• **Records supplied**:
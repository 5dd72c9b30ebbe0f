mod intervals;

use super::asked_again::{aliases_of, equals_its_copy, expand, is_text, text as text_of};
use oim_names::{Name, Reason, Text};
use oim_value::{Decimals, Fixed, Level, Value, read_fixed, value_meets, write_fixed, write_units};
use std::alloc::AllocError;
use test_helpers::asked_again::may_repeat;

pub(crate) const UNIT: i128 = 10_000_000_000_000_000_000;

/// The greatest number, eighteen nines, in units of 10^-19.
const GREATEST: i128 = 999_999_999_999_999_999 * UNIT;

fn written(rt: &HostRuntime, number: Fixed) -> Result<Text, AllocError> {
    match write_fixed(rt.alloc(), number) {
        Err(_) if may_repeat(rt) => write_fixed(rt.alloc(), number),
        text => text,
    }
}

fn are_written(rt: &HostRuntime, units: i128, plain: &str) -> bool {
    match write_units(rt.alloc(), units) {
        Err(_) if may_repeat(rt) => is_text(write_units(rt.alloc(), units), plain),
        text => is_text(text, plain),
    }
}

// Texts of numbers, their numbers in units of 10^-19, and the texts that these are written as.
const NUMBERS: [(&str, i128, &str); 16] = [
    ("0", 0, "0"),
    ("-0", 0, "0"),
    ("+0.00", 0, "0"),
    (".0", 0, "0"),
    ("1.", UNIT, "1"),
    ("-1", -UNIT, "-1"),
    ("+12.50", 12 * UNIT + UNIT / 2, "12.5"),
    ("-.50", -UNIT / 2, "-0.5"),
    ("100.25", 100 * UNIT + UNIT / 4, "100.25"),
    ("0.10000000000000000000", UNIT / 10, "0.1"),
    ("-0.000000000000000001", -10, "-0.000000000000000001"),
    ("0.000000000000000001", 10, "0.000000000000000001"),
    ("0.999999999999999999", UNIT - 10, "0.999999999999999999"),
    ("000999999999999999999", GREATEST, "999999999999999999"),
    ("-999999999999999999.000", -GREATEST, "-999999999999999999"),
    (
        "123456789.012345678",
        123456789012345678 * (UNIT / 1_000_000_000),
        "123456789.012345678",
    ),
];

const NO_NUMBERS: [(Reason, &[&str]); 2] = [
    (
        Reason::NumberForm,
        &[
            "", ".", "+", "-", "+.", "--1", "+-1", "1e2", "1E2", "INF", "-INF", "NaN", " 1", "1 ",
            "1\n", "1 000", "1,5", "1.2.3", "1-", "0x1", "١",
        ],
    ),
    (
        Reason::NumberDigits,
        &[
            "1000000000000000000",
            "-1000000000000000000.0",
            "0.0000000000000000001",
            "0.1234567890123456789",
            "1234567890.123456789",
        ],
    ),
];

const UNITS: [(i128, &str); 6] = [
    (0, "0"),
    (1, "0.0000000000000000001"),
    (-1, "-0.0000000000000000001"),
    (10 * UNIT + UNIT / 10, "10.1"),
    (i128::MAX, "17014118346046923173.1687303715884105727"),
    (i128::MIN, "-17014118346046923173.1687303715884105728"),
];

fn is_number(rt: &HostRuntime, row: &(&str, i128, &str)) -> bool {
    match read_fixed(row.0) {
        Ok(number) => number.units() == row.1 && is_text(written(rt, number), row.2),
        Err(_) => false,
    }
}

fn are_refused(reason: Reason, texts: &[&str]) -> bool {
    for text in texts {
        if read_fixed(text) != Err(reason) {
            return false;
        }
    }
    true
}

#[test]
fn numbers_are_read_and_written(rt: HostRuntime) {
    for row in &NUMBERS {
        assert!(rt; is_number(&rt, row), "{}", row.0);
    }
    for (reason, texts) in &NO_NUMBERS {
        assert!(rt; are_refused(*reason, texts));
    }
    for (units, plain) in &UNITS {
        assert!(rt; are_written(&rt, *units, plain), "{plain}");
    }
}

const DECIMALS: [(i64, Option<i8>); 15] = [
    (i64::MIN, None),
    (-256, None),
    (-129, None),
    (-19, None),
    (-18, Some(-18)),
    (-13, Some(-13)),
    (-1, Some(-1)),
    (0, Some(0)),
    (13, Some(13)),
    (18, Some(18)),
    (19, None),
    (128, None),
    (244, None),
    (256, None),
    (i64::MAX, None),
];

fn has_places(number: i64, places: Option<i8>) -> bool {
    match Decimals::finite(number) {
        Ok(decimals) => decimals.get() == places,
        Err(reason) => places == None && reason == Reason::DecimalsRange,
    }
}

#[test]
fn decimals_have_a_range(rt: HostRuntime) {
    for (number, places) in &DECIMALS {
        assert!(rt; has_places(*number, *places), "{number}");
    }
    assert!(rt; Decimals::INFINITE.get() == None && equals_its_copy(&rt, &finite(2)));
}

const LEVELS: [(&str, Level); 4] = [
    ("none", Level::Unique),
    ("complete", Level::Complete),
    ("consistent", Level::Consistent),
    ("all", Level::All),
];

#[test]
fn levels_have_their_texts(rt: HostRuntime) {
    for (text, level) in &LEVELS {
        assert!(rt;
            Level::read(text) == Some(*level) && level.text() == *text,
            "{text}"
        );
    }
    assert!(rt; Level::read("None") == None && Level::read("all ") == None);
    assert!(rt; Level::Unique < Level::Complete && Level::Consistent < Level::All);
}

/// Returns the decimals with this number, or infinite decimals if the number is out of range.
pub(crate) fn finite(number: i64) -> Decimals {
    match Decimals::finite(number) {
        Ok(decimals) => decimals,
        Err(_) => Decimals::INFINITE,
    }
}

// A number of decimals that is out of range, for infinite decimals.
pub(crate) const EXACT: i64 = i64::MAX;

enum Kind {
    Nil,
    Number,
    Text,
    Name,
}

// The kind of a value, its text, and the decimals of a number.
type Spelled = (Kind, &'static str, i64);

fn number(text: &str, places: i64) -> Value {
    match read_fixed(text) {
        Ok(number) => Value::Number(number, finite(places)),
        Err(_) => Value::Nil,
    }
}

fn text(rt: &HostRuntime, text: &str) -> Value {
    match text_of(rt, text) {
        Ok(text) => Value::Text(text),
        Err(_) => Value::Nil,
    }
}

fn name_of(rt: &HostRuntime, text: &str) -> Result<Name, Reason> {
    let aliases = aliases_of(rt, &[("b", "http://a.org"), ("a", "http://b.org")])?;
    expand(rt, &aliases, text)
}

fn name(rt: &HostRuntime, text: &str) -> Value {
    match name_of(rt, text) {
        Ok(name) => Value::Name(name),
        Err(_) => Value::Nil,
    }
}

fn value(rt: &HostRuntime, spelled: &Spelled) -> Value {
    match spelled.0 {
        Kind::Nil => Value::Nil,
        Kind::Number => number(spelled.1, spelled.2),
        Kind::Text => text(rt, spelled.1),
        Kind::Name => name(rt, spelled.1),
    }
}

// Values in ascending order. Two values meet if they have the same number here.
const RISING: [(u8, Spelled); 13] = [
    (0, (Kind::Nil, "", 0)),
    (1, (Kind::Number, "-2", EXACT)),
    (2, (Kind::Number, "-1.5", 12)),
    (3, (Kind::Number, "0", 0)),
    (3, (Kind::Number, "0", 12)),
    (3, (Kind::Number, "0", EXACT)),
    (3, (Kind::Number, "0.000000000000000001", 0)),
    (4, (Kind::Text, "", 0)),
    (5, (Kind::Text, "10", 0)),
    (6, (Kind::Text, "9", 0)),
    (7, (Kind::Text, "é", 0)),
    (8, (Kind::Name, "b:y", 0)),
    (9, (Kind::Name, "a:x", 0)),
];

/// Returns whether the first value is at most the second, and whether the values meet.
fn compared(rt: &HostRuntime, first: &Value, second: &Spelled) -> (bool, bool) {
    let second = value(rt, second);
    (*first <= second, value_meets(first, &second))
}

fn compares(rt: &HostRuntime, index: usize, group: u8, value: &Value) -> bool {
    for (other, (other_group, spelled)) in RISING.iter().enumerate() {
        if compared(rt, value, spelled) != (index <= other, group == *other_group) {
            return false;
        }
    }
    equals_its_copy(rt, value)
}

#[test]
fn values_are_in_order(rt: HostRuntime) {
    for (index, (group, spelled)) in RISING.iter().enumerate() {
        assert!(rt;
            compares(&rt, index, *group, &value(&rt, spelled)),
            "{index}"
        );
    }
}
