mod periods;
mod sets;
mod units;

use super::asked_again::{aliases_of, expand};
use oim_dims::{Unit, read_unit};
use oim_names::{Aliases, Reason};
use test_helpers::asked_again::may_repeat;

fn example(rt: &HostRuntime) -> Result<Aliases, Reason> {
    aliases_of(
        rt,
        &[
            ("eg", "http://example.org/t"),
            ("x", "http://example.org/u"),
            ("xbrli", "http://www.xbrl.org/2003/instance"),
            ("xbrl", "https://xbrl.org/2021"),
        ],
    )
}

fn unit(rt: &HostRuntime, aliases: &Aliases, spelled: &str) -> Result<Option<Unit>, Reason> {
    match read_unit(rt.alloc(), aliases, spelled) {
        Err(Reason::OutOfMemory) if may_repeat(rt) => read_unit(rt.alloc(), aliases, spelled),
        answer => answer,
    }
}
...
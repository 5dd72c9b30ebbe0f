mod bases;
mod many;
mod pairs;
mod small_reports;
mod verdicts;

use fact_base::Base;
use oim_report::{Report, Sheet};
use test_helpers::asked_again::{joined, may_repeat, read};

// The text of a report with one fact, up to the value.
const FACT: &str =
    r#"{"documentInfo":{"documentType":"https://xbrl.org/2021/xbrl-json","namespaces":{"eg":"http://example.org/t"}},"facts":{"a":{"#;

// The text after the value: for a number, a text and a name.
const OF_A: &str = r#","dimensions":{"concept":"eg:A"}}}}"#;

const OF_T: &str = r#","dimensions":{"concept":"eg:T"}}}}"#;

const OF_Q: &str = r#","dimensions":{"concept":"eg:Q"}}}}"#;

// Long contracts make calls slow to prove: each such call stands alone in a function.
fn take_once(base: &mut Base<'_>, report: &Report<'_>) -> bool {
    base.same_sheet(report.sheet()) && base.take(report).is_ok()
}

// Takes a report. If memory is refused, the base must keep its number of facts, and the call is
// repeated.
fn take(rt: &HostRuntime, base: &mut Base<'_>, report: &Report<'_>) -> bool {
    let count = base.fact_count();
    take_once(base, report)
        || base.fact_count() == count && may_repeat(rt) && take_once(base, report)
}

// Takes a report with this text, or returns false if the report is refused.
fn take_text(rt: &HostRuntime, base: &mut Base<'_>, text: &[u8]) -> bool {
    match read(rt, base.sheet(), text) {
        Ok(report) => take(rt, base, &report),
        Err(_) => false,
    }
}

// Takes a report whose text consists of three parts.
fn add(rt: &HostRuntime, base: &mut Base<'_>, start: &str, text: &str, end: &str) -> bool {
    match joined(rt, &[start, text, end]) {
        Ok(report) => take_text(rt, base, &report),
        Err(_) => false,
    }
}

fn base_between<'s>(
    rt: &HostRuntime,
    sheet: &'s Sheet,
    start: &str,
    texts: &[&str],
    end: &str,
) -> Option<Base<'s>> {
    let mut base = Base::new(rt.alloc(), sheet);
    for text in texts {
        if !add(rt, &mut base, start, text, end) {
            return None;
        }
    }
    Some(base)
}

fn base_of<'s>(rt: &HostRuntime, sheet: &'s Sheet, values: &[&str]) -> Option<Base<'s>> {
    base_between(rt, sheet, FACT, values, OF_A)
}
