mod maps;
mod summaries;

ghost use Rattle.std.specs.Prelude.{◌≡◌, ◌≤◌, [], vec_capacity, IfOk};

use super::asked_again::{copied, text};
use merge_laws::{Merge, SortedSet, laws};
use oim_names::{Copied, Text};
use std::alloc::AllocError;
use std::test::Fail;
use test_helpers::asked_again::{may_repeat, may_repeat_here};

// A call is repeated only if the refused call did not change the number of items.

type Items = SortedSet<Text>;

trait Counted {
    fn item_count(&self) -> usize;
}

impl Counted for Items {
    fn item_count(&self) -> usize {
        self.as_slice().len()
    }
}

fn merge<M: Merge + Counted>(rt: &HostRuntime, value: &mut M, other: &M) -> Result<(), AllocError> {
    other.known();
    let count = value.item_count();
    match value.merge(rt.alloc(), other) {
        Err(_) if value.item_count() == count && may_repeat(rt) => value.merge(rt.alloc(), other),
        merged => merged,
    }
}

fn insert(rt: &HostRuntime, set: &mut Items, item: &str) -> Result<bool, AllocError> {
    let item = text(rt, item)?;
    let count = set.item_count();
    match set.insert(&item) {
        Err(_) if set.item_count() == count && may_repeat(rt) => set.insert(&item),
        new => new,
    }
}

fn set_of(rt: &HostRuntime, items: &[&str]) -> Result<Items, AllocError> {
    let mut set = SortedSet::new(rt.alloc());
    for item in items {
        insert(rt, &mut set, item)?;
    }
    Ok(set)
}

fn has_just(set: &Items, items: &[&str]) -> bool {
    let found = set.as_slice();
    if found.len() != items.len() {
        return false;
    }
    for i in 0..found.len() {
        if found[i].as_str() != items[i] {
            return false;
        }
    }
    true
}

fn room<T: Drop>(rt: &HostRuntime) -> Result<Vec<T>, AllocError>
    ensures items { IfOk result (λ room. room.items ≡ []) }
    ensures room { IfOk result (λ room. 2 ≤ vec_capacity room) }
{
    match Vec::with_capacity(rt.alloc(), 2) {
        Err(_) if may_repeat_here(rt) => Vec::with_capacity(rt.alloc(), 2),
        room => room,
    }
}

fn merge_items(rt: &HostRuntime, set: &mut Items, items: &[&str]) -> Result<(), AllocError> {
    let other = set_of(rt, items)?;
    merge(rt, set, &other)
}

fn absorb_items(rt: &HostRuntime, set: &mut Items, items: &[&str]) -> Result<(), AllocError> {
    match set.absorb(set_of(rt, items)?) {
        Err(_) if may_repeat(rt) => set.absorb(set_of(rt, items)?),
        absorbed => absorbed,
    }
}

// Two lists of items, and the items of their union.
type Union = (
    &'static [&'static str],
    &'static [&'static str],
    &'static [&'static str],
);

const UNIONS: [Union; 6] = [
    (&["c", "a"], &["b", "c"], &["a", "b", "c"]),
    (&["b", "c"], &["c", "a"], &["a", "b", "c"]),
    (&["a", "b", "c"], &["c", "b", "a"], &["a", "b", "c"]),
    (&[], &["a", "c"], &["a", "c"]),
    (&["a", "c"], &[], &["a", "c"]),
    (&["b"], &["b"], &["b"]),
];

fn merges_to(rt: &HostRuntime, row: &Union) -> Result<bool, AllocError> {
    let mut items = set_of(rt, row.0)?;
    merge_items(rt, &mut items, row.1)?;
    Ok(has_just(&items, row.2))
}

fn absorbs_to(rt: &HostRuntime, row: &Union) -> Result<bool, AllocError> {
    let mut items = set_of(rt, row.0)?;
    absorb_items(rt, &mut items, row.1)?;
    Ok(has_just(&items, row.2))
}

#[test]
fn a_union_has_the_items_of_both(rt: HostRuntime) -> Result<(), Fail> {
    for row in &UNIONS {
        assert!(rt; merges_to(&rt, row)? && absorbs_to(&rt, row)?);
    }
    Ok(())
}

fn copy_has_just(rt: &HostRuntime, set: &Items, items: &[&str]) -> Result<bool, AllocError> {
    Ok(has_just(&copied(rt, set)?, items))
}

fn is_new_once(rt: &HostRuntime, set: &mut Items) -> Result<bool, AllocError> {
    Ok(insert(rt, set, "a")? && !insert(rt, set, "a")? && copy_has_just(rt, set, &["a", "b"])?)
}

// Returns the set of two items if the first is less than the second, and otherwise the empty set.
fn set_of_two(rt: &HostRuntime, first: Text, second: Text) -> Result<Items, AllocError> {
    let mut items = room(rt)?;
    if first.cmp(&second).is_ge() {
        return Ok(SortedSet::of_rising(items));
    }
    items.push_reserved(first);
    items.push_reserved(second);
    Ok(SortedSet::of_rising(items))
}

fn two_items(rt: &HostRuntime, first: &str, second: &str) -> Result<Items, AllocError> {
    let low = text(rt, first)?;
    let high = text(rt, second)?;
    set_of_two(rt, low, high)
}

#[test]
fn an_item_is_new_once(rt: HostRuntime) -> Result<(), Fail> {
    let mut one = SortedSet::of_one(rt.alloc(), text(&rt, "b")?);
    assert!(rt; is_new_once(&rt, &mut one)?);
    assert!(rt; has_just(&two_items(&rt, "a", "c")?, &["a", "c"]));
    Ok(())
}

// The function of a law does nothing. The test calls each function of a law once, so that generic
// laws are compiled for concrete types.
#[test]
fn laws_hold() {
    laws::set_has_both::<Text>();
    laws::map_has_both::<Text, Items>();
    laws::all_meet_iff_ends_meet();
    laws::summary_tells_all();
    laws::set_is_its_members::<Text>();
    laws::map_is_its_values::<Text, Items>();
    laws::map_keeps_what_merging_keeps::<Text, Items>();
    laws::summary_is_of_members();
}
--
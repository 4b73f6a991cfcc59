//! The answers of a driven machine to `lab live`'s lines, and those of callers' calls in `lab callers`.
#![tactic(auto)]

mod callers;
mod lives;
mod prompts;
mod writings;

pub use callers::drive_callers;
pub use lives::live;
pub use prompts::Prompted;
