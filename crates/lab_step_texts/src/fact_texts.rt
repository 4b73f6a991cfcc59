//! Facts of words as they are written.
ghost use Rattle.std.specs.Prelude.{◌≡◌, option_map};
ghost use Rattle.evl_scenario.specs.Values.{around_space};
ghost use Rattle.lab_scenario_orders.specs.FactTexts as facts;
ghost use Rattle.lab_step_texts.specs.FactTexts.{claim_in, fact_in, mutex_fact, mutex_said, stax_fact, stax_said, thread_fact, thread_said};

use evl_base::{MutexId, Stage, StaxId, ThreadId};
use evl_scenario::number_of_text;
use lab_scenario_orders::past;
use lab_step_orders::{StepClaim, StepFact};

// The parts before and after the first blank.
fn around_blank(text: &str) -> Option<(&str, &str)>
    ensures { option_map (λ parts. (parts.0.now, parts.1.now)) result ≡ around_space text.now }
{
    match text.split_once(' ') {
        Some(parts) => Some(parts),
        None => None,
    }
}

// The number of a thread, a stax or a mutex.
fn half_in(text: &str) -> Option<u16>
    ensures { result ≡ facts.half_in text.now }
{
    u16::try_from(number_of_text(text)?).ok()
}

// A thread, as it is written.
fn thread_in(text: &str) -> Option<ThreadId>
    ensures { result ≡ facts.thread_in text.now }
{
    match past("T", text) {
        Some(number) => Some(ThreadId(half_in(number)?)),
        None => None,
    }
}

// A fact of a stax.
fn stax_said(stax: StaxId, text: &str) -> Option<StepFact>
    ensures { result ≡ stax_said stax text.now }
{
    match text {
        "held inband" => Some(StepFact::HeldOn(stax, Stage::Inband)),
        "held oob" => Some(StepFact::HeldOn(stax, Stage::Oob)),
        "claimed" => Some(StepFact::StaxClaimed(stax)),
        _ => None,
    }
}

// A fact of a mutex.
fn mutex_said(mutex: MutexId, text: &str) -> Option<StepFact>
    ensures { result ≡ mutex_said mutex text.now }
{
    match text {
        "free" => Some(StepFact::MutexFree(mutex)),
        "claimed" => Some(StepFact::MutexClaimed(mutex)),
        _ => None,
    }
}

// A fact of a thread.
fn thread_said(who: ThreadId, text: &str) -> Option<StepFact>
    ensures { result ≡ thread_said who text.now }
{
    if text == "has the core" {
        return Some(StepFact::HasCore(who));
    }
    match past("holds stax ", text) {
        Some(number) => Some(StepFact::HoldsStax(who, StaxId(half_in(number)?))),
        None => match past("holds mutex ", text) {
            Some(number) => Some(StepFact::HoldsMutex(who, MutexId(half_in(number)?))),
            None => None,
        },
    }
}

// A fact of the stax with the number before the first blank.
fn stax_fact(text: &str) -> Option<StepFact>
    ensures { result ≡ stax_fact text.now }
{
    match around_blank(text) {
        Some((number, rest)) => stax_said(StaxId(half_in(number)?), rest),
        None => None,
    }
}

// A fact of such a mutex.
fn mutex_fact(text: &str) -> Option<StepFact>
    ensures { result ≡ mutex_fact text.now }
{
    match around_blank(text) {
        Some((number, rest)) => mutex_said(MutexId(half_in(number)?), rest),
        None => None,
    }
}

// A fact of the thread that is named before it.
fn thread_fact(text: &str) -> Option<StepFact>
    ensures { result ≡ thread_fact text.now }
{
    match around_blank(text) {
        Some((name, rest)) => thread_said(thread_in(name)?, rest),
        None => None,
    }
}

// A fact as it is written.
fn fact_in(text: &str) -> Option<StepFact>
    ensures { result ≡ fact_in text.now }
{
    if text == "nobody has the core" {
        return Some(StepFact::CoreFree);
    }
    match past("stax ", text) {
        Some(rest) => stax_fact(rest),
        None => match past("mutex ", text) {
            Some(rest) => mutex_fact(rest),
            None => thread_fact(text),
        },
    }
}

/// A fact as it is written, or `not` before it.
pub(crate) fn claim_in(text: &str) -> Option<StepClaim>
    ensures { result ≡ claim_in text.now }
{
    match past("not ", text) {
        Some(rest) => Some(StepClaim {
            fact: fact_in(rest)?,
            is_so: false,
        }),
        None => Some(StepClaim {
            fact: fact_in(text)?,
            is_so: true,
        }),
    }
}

• **Action item**: If a line in the material above contains the word "xbrl", it counts; give only the number of such lines.

• **Exercise answer**: 3